-- Your task --
All that is needed is each line of the entries holding the word "Rattle", copied as it stands.

-- Source records --

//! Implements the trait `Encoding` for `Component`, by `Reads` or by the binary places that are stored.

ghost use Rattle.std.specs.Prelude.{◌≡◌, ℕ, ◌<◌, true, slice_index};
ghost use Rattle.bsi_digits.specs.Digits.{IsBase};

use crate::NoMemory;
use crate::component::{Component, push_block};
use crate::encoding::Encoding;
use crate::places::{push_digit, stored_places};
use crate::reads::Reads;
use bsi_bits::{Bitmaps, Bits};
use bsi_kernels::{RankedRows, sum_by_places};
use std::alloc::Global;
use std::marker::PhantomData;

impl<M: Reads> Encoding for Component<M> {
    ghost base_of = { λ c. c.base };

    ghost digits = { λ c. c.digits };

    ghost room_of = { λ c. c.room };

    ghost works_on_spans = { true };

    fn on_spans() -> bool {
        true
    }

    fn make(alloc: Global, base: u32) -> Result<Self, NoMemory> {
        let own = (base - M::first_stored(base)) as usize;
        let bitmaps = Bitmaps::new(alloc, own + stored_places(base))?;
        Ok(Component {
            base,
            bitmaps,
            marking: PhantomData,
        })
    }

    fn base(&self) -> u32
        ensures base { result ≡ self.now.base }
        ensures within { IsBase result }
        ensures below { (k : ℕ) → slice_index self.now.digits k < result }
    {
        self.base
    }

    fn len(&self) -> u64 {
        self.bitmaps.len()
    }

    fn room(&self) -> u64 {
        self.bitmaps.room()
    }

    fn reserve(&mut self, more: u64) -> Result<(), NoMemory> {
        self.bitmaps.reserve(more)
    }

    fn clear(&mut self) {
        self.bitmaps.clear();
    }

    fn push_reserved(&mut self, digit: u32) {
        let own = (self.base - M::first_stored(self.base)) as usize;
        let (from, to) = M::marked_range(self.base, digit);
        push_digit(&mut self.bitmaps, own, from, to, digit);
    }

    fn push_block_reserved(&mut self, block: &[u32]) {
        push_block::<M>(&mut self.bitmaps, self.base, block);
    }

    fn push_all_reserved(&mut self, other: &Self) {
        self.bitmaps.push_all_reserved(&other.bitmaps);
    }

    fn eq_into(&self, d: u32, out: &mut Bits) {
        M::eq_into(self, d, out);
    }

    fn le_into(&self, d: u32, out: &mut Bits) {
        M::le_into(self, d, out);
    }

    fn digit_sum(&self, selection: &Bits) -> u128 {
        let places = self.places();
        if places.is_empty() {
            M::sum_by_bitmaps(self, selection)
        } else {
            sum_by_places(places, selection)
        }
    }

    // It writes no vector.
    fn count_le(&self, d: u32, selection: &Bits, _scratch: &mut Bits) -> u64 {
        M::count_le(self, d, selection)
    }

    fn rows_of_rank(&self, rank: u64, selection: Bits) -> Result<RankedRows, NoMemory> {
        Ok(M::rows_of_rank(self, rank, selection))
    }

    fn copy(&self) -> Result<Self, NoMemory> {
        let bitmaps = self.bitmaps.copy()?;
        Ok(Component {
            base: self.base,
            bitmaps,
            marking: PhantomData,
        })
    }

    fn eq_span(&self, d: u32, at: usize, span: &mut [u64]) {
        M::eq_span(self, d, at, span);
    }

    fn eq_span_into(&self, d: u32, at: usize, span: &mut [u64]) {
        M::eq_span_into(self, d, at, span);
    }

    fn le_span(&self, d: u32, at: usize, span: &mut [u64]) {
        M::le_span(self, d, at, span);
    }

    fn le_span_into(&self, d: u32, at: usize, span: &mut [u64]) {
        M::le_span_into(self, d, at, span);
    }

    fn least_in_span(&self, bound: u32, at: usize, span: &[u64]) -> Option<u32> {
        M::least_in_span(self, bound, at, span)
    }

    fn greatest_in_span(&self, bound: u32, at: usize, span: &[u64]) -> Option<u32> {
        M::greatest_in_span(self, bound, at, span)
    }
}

-- Exercise response --
ghost use Rattle.std.specs.Prelude.{◌≡◌, ℕ, ◌<◌, true, slice_index};
ghost use Rattle.bsi_digits.specs.Digits.{IsBase};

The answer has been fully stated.